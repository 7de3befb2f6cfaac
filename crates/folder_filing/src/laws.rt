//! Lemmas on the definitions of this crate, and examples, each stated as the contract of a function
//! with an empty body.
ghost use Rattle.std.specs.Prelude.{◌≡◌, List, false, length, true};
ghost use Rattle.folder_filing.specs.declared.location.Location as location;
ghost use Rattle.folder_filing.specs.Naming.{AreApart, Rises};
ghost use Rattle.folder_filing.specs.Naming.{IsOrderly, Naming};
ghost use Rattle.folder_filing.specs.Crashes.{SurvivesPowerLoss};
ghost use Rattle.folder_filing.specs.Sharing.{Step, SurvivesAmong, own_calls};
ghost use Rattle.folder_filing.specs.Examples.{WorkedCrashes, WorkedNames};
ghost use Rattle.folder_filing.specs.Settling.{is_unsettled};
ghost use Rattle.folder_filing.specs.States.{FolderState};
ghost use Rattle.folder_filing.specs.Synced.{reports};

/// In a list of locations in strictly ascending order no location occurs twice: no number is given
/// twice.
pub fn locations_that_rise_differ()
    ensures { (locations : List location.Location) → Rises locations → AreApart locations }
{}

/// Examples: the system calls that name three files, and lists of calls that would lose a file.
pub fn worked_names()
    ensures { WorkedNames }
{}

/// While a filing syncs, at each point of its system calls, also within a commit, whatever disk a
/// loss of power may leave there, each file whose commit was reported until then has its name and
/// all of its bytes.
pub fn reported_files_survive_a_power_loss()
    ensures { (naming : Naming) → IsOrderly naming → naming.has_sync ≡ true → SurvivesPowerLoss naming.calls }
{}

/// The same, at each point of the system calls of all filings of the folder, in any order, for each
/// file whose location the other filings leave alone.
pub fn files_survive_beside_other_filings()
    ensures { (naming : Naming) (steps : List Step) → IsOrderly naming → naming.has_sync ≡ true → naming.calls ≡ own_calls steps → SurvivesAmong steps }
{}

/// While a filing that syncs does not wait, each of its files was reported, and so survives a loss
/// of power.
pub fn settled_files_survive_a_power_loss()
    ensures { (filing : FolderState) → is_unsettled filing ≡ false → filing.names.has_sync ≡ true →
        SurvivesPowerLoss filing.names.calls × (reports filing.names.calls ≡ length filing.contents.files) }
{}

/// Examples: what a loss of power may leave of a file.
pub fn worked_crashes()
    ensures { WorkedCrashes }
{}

========================================================================

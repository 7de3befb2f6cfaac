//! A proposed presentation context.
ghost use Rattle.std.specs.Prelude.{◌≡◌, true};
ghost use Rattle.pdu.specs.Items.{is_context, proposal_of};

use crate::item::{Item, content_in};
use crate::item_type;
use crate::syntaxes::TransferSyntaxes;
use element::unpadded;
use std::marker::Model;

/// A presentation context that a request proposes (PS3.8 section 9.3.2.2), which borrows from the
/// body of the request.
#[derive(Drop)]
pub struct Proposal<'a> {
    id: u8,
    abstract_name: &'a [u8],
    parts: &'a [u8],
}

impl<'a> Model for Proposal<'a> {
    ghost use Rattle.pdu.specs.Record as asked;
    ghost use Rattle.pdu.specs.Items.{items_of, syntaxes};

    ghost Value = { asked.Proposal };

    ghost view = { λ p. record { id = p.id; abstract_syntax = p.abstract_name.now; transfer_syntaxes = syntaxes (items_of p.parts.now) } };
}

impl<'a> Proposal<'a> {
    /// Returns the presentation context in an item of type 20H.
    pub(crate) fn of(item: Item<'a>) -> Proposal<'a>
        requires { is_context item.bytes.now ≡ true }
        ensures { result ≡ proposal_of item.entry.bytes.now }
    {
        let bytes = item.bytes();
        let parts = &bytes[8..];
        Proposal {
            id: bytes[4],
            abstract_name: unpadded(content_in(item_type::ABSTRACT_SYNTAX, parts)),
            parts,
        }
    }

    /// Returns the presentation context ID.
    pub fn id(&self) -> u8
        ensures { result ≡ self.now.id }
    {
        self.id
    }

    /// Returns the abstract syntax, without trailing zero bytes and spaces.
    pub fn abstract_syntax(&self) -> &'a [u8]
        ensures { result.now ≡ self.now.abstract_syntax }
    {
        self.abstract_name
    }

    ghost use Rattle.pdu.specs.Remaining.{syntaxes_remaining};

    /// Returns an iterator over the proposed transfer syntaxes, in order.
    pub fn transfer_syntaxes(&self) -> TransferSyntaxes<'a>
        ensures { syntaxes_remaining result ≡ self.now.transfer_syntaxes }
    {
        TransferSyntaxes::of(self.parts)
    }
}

========================================================================

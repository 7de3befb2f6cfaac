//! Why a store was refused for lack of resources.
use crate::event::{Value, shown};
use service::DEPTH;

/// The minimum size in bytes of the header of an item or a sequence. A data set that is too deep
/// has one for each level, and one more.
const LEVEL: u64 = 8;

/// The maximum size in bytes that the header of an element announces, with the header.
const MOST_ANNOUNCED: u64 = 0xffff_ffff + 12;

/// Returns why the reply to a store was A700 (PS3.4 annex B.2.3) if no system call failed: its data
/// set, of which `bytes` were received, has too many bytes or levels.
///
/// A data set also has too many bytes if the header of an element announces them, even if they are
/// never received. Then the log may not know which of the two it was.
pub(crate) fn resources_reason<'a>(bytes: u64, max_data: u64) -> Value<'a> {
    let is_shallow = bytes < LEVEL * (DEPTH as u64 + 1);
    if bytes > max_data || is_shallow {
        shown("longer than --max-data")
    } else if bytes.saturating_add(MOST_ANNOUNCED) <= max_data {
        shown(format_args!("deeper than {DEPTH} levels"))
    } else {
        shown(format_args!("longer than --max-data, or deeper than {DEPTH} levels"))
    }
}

========================================================================

• What you need to do
Look over the listing. Pull out every line with the string "DEPTH" in it.

• Result
use service::DEPTH;
    let is_shallow = bytes < LEVEL * (DEPTH as u64 + 1);
        shown(format_args!("deeper than {DEPTH} levels"))
        shown(format_args!("longer than --max-data, or deeper than {DEPTH} levels"))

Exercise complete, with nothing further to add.